The biggest action to date is at Ford. Workers at the factory making Focus sedans have been on strike since Nov. 20, demanding pay hikes of up to 35%. Ford Russia Chief Executive Theo Streit issued a statement calling the union's demands "excessive and unrealistic," but said he's open to talks if the workers call off the strike. While the factory's average monthly wage of $800 is 60% higher than the national norm, it's "mere kopecks" compared with Ford's Russian sales, says union boss Alexei Etmanov. "They pay us like inhabitants of the Third World, and we build a high-quality car that makes good profits," he says.
Etmanov is part of a generation of grassroots activists who are breathing new life into Russian trade unionism.
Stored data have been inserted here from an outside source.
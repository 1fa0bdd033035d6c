// A set from code page 437 to 1252 and back: the two code pages by name. The definitions are in specs/, their laws in proofs/.
#![tactic(auto)]

// A code page that a set may be wanted in.
#[derive(Clone, Copy)]
pub enum Code {
    Page437,
    Page1252,
}
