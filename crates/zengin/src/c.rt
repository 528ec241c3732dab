// The check in one number, as a program in C receives it; the crate zengin_c exports it.
ghost use Rattle.std.specs.Prelude.{◌≡◌, Err};
ghost use Rattle.zengin.specs.Judged.{judged, coded};
ghost use Rattle.zengin.specs.Lawful.{Lawful};
ghost use Rattle.zengin.specs.Offences.{NamesFirst, Placed};

use crate::check::check;
use denials::Denial;

// 0, or the denial's number, record and column in one number, since C is handed one.
fn in_one_number(judgement: Result<(), Denial>) -> u64
    requires { (denial : Denial) → judgement ≡ Err denial → Placed denial }
    ensures { result ≡ coded judgement }
{
    match judgement {
        Ok(()) => 0,
        Err(denial) => {
            let told = denial.told();
            u64::from(told.number) * 100_000_000 + told.record as u64 * 1_000 + told.column as u64
        }
    }
}

/// 0 for a lawful file, else the denial's number × 100,000,000 + record × 1,000 + column.
pub fn zengin_check(file: &[u8]) -> u64
    ensures answer { result ≡ coded (judged file.now) }
    ensures passes { result ≡ 0 → Lawful file.now }
    ensures lawful { Lawful file.now → result ≡ 0 }
    ensures named { (denial : Denial) → NamesFirst file.now denial → result ≡ coded (Err denial) }
{
    in_one_number(check(file))
}
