// Records and fields of a file by their numbers, handed out as parts of the caller's own bytes.
ghost use Rattle.std.specs.Prelude.{◌≡◌};
ghost use Rattle.std.specs.Option.{option_map};
ghost use Rattle.zengin.specs.Shown.{record_numbered, field_shown};

use crate::lengths::records_of;
use records::layouts::{Field, RECORD_BYTES, Sort, numbered_field};

/// A field: its bytes, the number of its record and its first column.
#[derive(Clone, Copy)]
pub struct Shown<'a> {
    pub bytes: &'a [u8],
    pub record: usize,
    pub column: usize,
}

/// The record of that number among the whole records of the bytes, counted from 1.
pub fn numbered_record(file: &[u8], number: usize) -> Option<&[u8; 120]>
    ensures { option_map (λ x. x.now) result ≡ record_numbered file.now number }
{
    let index = number.checked_sub(1)?;
    records_of(file).get(index)
}

/// The field of that number in the record of that number, both counted from 1, by its place alone.
pub fn shown_field(file: &[u8], record: usize, number: usize) -> Option<Shown<'_>>
    ensures { option_map (λ s. (s.bytes.now, s.«record», s.column)) result ≡ field_shown file.now «record» number }
{
    if file.len() % RECORD_BYTES != 0 {
        return None;
    }
    let bytes = numbered_record(file, record)?;
    let sort = Sort::try_from(bytes[0]).ok()?;
    let Field(first, last, _, _) = numbered_field(sort, number)?;
    // Cut here, since the call that cuts a field out of a record asks that the field is one of a layout.
    Some(Shown {
        bytes: &bytes[first - 1..last],
        record,
        column: first,
    })
}
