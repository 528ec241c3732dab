// How long a bare file may be, and its bytes as records.
ghost use Rattle.std.specs.Prelude.{◌≡◌, ◌/◌, length, Some, None, OnOk, IfErr};
ghost use Rattle.zengin.specs.Files.{length_denial, records_of};

use denials::Denial;
use records::layouts::RECORD_BYTES;

/// The fewest records of a file: a header, a trailer and an end record.
pub const LEAST_RECORDS: usize = 3;

/// The most records of a file.
pub const MOST_RECORDS: usize = 10_000;

/// Passes the lengths that a bare file may have, and denies any other.
pub fn check_length(len: usize) -> Result<(), Denial>
    ensures passes { OnOk result (length_denial len ≡ None) }
    ensures denies { IfErr result (λ denial. length_denial len ≡ Some denial) }
{
    if len < LEAST_RECORDS * RECORD_BYTES || len % RECORD_BYTES != 0 {
        Err(Denial::BareLength)
    } else if len > MOST_RECORDS * RECORD_BYTES {
        Err(Denial::TooManyRecords)
    } else {
        Ok(())
    }
}

/// The whole records of a file.
pub fn records_of(file: &[u8]) -> &[[u8; 120]]
    ensures value { result.now ≡ records_of file.now }
    ensures len { length result.now ≡ length file.now / 120 }
{
    let (records, _) = file.as_chunks::<120>();
    records
}
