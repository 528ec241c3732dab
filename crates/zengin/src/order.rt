// The order of the records in a file.
ghost use Rattle.std.specs.Prelude.{◌≡◌, is_some};
ghost use Rattle.std.specs.Option.{unwrap_or};
ghost use Rattle.zengin.specs.Judged.{next_order};

use records::layouts::Sort;

/// Where a file stands after some of its records.
#[derive(Clone, Copy)]
pub(crate) enum Order {
    Start,
    InGroup,
    AfterTrailer,
    Ended,
}

impl Order {
    /// Goes on past a record of this sort, or tells that it may not come here and stays.
    // A state changed in place by state and sort together is the form that the project sets; whether it went on is all there is to tell.
    pub(crate) fn admit(&mut self, sort: Sort) -> bool
        ensures answer { result ≡ is_some (next_order self.old sort) }
        ensures state { self.new ≡ unwrap_or (next_order self.old sort) self.old }
    {
        match (*self, sort) {
            (Order::Start | Order::AfterTrailer, Sort::Header) => *self = Order::InGroup,
            (Order::InGroup, Sort::Data) => {}
            (Order::InGroup, Sort::Trailer) => *self = Order::AfterTrailer,
            (Order::AfterTrailer, Sort::End) => *self = Order::Ended,
            _ => return false,
        }
        true
    }
}
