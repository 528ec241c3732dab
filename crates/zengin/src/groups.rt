// What one group of a file asks for.
ghost use Rattle.std.specs.Prelude.{◌≡◌, ◌≢◌, ℕ, ◌+◌, ◌*◌, ◌≤◌, length, Some, None};
ghost use Rattle.records.specs.Layouts.{sort_of, numbered};
ghost use Rattle.records.specs.Fields.{byte_in, read_if_any};
ghost use Rattle.zengin.specs.Groups.{both_read, head, totals_stated, head_stated, group_closed_by, group_asking, Closes};
ghost use Rattle.zengin.specs.Lawful.{Group as GroupAt, Lawful};

use crate::shown::numbered_record;
use crate::totals::Totals;
use records::fields::read_field;
use records::layouts::{HEADER_BILLER, HEADER_DATE, Sort, TRAILER_AMOUNT, TRAILER_COUNT};

/// A group: its header's biller code and transfer date, and the count and amount it asks for.
#[derive(Clone, Copy, Debug, PartialEq, Eq)]
pub struct Group {
    pub biller: u64,
    pub month: u64,
    pub day: u64,
    pub requested: Totals,
}

// Two of the numbers in a record, if it is of this sort and both can be read.
fn two_numbers(record: &[u8; 120], sort: Sort, first: usize, second: usize) -> Option<(u64, u64)>
    ensures here { sort_of (byte_in «record».now 1) ≡ Some sort → result ≡ both_read head (read_if_any «record».now (numbered sort first)) (read_if_any «record».now (numbered sort second)) }
    ensures elsewhere { (sort_of (byte_in «record».now 1) ≢ Some sort) → result ≡ None }
{
    if Sort::try_from(record[0]) != Ok(sort) {
        return None;
    }
    let first = read_field(record, sort, first).ok()?;
    let second = read_field(record, sort, second).ok()?;
    Some((first, second))
}

// The count and amount that a trailer states.
fn totals_stated(record: &[u8; 120]) -> Option<Totals>
    ensures { result ≡ totals_stated «record».now }
{
    let (count, amount) = two_numbers(record, Sort::Trailer, TRAILER_COUNT, TRAILER_AMOUNT)?;
    Some(Totals { count, amount })
}

// The biller code and the transfer date that a header states.
fn head_stated(record: &[u8; 120]) -> Option<(u64, u64)>
    ensures { result ≡ head_stated «record».now }
{
    two_numbers(record, Sort::Header, HEADER_BILLER, HEADER_DATE)
}

fn closed_group(file: &[u8], trailer: usize) -> Option<Group>
    ensures { result ≡ group_closed_by file.now trailer }
{
    let closing = numbered_record(file, trailer)?;
    let requested = totals_stated(closing)?;
    // `as usize`, since a `try_from` would have a way out that no count takes.
    let header = (trailer - 1).saturating_sub(requested.count as usize);
    let opening = numbered_record(file, header)?;
    let (biller, date) = head_stated(opening)?;
    Some(Group {
        biller,
        month: date / 100,
        day: date % 100,
        requested,
    })
}

/// What is asked for by the group that the record of that number closes, counted from 1. Of other files than lawful ones it tells what
/// the trailer states, if a header stands as many records before it as it states.
pub fn group_closed_by(file: &[u8], trailer: usize) -> Option<Group>
    ensures answer { result ≡ group_closed_by file.now trailer }
    ensures asks { (s n : ℕ) → GroupAt file.now s n → trailer ≡ s + 1 + n + 1 → trailer * 120 ≤ length file.now → result ≡ Some (group_asking file.now s n) }
    ensures only { (group : Group) → Lawful file.now → result ≡ Some group → Closes file.now trailer group }
{
    closed_group(file, trailer)
}
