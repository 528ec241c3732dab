// Counts and amounts: what a record states, what a group holds so far, and what a file asks for.
ghost use Rattle.std.specs.Prelude.{◌≡◌, ◌^◌, ◌<◌};
ghost use Rattle.zengin.specs.Judged.{noted, with_claim, tallied, Few};

use denials::Fault;
use records::layouts::{DATA_AMOUNT, Sort, TRAILER_AMOUNT, TRAILER_COUNT};

/// A number of data records and the sum of their amounts.
#[derive(Clone, Copy, Debug, Default, PartialEq, Eq)]
pub struct Totals {
    pub count: u64,
    pub amount: u64,
}

/// What a file asks for: its groups, and its data records with the sum of their amounts.
#[derive(Clone, Copy, Debug, Default, PartialEq, Eq)]
pub struct Figures {
    pub groups: u64,
    pub requested: Totals,
}

// The figures of the file so far, and the totals of the group that is open.
#[derive(Clone, Copy, Default)]
pub(crate) struct Tally {
    pub file: Figures,
    pub group: Totals,
}

impl Totals {
    // Keeps what the field of that number states: a data record's amount, a trailer's count and amount.
    pub(crate) fn note(&mut self, sort: Sort, number: usize, value: u64)
        ensures { self.new ≡ noted sort number value self.old }
    {
        match (sort, number) {
            (Sort::Data, DATA_AMOUNT) => self.amount = value,
            (Sort::Trailer, TRAILER_COUNT) => self.count = value,
            (Sort::Trailer, TRAILER_AMOUNT) => self.amount = value,
            _ => {}
        }
    }

    // One data record more.
    fn with_claim(self, amount: u64) -> Totals
        requires count { self.count < 2 ^ 32 }
        requires amount { self.amount < 2 ^ 62 }
        requires claim { amount < 2 ^ 62 }
        ensures { result ≡ with_claim self amount }
    {
        Totals {
            count: self.count + 1,
            amount: self.amount + amount,
        }
    }
}

impl Tally {
    // The tally after a record of that sort; a trailer has to state its group's totals.
    pub(crate) fn with_record(self, sort: Sort, stated: Totals) -> Result<Tally, Fault>
        requires few { Few 10000 self }
        requires stated { stated.amount < 10 ^ 12 }
        ensures { result ≡ tallied sort stated self }
    {
        let Tally { file, group } = self;
        match sort {
            Sort::Header => Ok(Tally {
                file: Figures {
                    groups: file.groups + 1,
                    ..file
                },
                group: Totals::default(),
            }),
            Sort::Data => Ok(Tally {
                file: Figures {
                    requested: file.requested.with_claim(stated.amount),
                    ..file
                },
                group: group.with_claim(stated.amount),
            }),
            Sort::Trailer => {
                if stated.count != group.count {
                    Err(Fault::WrongCount)
                } else if stated.amount != group.amount {
                    Err(Fault::WrongAmount)
                } else {
                    Ok(self)
                }
            }
            Sort::End => Ok(self),
        }
    }
}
The 34-year-old welder bypassed a national labor group affiliated with the ruling party to found the Ford union. He convinced two-thirds of the factory's workers to join it, then spearheaded a series of industrial actions that have led to the establishment of chapters in other major auto plants.
The reaction to the new labor activism is mixed. Nearly 40% of Russians disapprove of unions, compared with 22% who approve of them (the balance had no opinion), according to the Russia Public Opinion Research Center. Companies, meanwhile, have done what they can to rein in unions. Automaker AvtoVAZ and oil company Surgutneftegaz, for instance, have fired labor activists, saying the workers hadn't done their jobs. Unions are contesting the dismissals.
Ford has so far been easier on strikers. A one-day walkout in February, for instance, led to a pay increase of 14%-20% and more holidays. It's not by chance that the new activism has coincided with the arrival of big foreign investors such as Ford. They're being targeted, says Evgeny Reyzman, a labor lawyer at Baker & McKenzie in Moscow, because Russian employers are more likely to crack down on union activism. "They're taking advantage of the fact," Reyzman says, "that [foreign] companies are law-abiding."